Ward, Jones ordered to post $50K bond

Staff Report

MONTROSE — John Ward and Valerie Jones will have to post a $50,000 cost bond for proceedings in their lawsuit against the Daily Press and other defendants, according to a ruling handed down last Friday.

The Daily Press covered Ward’s criminal case, which included allegations of exploitation of children, in 2003. Ward eventually pleaded no contest to two felony counts of contributing to the delinquency of a minor and a misdemeanor charge of harassment; other charges were dropped and he was sentenced in 2004 to 10 years’ probation.

Ward and Jones are claiming defamation, interference and conspiracy in their suit and are also suing on behalf of their dance studio business. Bennett Hodgins, a former student at the school, is suing for malicious prosecution, after sex charges against him were dismissed.

Because Ward and Jones reside in Ajijic, Jalisco, Mexico, Daily Press attorneys argued a cost bond should be imposed and sought $90,000. According to Judge Dennis Freidrich’s Friday ruling, Ward and Jones claimed to be residents of both Colorado and Mexico.

“The court finds that the plaintiffs are not residents of Colorado and statute does require a bond,” Friedrich wrote, ordering them to post one. “The court denies the plaintiff’s request for an opportunity to file an indigency status. Failure of the plaintiffs to comply with this order within 20 days of today’s date may result in the court dismissing said plaintiffs.”

The ruling said the court had no discretion in the matter because of state law.

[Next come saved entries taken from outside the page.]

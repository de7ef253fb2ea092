// A float's significand and exponent, which the square root and the logarithm start from.
// Internal: a function with a `requires` is called by proved code alone.
ghost use Rattle.std.specs.Prelude.{◌<◌};
ghost use Rattle.base.specs.Split.{units_at, Scaled};

// A significand of 53 digits and the exponent that goes with it: sig * 2^(ex - 52) units of 2^-1074.
#[derive(Clone, Copy)]
pub struct Parts {
    pub sig: u64,
    pub ex: u64,
}

// The significand and exponent of a pattern above zero and below infinity.
pub fn split(b: u64) -> Parts
    requires { (0 < b) × (b < 9218868437227405312) }
    ensures { Scaled (units_at b) result.sig result.ex }
{
    let field = b >> 52;
    let digits = b & 0xF_FFFF_FFFF_FFFF;
    if field == 0 {
        let up = (u64::leading_zeros(digits) as u64) - 11;
        Parts {
            sig: digits << up,
            ex: 52 - up,
        }
    } else {
        Parts {
            sig: digits | 0x10_0000_0000_0000,
            ex: field + 51,
        }
    }
}
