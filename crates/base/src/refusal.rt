// The refusals of 01's table and of 02, whose numbers every call answers.
ghost use Rattle.std.specs.Prelude.{◌≡◌};
ghost use Rattle.base.specs.Refusals.{number};

// A refusal; 01 has trade words for those up to 13, and 02 has none.
#[derive(Clone, Copy)]
pub enum Refusal {
    // 1: a coordinate or index count is not a multiple of 3
    Ragged,
    // 2: there are more vertices or faces than the limit
    Oversize,
    // 3: a face names a vertex that is not there
    LooseCorner,
    // 4: a run is too short for the store
    ShortStore,
    // 5: the store is not sound
    Unsound,
    // 6: the place is 32 or more
    NoPlace,
    // 7: the place to clear, reweigh or adopt is empty
    Vacant,
    // 8: work is left that this reading needs
    Unfinished,
    // 9: the run to be written is too short, or a kernel list is not of sixes
    ShortList,
    // 10: n is above 16, or a run of a length that does not go with n
    BadMatrix,
    // 11: the system of equations has a flat pivot
    FlatPivot,
    // 12: an exponent is farther than 1e-9 from 1, where only 1 is taken (NaN passes)
    Exponent,
    // 13: a line that is none of the program's forms, or bytes that are not a whole opening and then puts
    BadLine,
    // 14: a track is too long or not of threes, or its run is too short
    BadTrack,
    // 15: more than 32 kernels are to be billed
    ManyKernels,
    // 16: a layer is above 15
    NoLayer,
    // 17: a place's field mass is NaN or beyond 10^15 kilograms, so that the page has no figure for it
    NoFigure,
    // 18: the page's bytes are too few
    ShortPage,
    // 19: the bytes are too few for a store's lines
    ShortText,
    // 20: a line that is no kernel line
    BadKernelLine,
    // 21: the two loaders make different kernels of the lines
    LoadersDiffer,
    // 22: the mesh is not closed
    Unclosed,
}

// The number of a refusal in 01 or 02.
impl From<Refusal> for u32 {
    ghost from_gives = { λ refusal no. no ≡ number refusal };

    fn from(refusal: Refusal) -> u32 {
        match refusal {
            Refusal::Ragged => 1,
            Refusal::Oversize => 2,
            Refusal::LooseCorner => 3,
            Refusal::ShortStore => 4,
            Refusal::Unsound => 5,
            Refusal::NoPlace => 6,
            Refusal::Vacant => 7,
            Refusal::Unfinished => 8,
            Refusal::ShortList => 9,
            Refusal::BadMatrix => 10,
            Refusal::FlatPivot => 11,
            Refusal::Exponent => 12,
            Refusal::BadLine => 13,
            Refusal::BadTrack => 14,
            Refusal::ManyKernels => 15,
            Refusal::NoLayer => 16,
            Refusal::NoFigure => 17,
            Refusal::ShortPage => 18,
            Refusal::ShortText => 19,
            Refusal::BadKernelLine => 20,
            Refusal::LoadersDiffer => 21,
            Refusal::Unclosed => 22,
        }
    }
}
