// What every crate above uses: the refusals, a float's sign, bits and split.
#![tactic(auto)]

pub mod floats;
pub mod refusal;
pub mod split;
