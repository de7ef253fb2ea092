// A float's sign, absolute value and bits. No function here has a `requires`: so the library's `is_sign_negative` and
// `to_bits`, which ask that their argument be no NaN, are not enough, and its `abs` and `max` say less of zeros.
ghost use Rattle.std.specs.Prelude.{◌≡◌};
ghost use Rattle.std.specs.Float.{binary64};
ghost use Rattle.std.specs.Float.Ieee.{of_bits, to_bits};
ghost use Rattle.base.specs.Floats.{sign, signed, abs, greater};

// Whether the sign is minus; a NaN has none.
pub fn is_negative(x: f64) -> bool
    ensures { result ≡ sign x }
{
    if x != x {
        return false;
    }
    f64::to_bits(x) >= 0x8000_0000_0000_0000
}

// r, its sign turned where that of x is minus.
#[tactic(auto, unfolding(crate::specs::Floats::signed))]
pub fn signed(x: f64, r: f64) -> f64
    ensures { result ≡ signed x r }
{
    if is_negative(x) { -r } else { r }
}

// The absolute value.
pub fn abs(x: f64) -> f64
    ensures { result ≡ abs x }
{
    signed(x, x)
}

// The greater of a, which is no NaN, and b, which is passed over if it is one.
#[tactic(auto, unfolding(crate::specs::Floats::greater))]
pub fn greater_of(a: f64, b: f64) -> f64
    ensures { result ≡ greater a b }
{
    if a < b {
        return b;
    }
    a
}

// The bits of a float, 7FF8000000000000 for a NaN.
pub fn to_pattern(x: f64) -> u64
    ensures { result ≡ to_bits binary64 x }
{
    if x != x {
        return 0x7FF8_0000_0000_0000;
    }
    f64::to_bits(x)
}

// The float of any bits; each pattern of a NaN gives the one NaN.
pub fn from_pattern(b: u64) -> f64
    ensures { result ≡ of_bits binary64 b }
{
    if b % 0x8000_0000_0000_0000 > 0x7FF0_0000_0000_0000 {
        return 0.0 / 0.0;
    }
    f64::from_bits(b)
}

The document also referenced a motion filed in Ward’s criminal matter Dec. 12, seeking a change in probation conditions.

The motion asked Friedrich to change Ward’s probation from supervised to unsupervised, so he could avoid paying a monthly supervision fee as required by the terms of his sentence.

“Mr. Ward is now two years into probation supervision, but for the last 18 of them, he has been in Mexico full-time,” attorney Colleen Scissors wrote in the motion. Scissors does not represent Ward in his civil suit.

“Paying a supervision fee is a cost that seems both unreasonable and unnecessary under the circumstances.”

She also objected to the requirement that Ward file a monthly status report, saying it also seemed unnecessary. In the motion, she said Ward would agree to immediately notify probation of any address changes or new arrests.

Deputy District Attorney Wiley Christopher said in his Dec. 19 response however that such guarantee of compliance was insufficient. He said it was his position that Ward took little responsibility for the matter at hand and he criticized Ward’s harsh descriptions of previous prosecutors.

“His use of intemperate language clearly reveals that he feels himself to be the true victim,” Christopher wrote, citing examples in which Ward allegedly described former prosecutors as “a tragically disturbed Gorgon with a psychotic need for power and a pip squeak who is trying to prove he has more value than as a diminutive gun-toting hat rack...a vindictive, drunken dwarf and an aged promiscuous witch.”

Christopher, who did not prosecute the original case, said that though such language might well show enhanced literacy on Ward’s part, it was not indicative of taking responsibility.

“...in courageous disregard of the defendant’s ability with adjective and metaphor (I) contend that it is not unreasonable to continue supervised probation, given that the sole mechanism for compliance suggested by the defendant is that he self-report changes of address and new arrests,” Christopher wrote.

“Where there is no acceptance of responsibility, any reliance upon voluntary compliance is based more upon hope than upon realism,” he concluded.

There was no indication when the motion would be ruled on.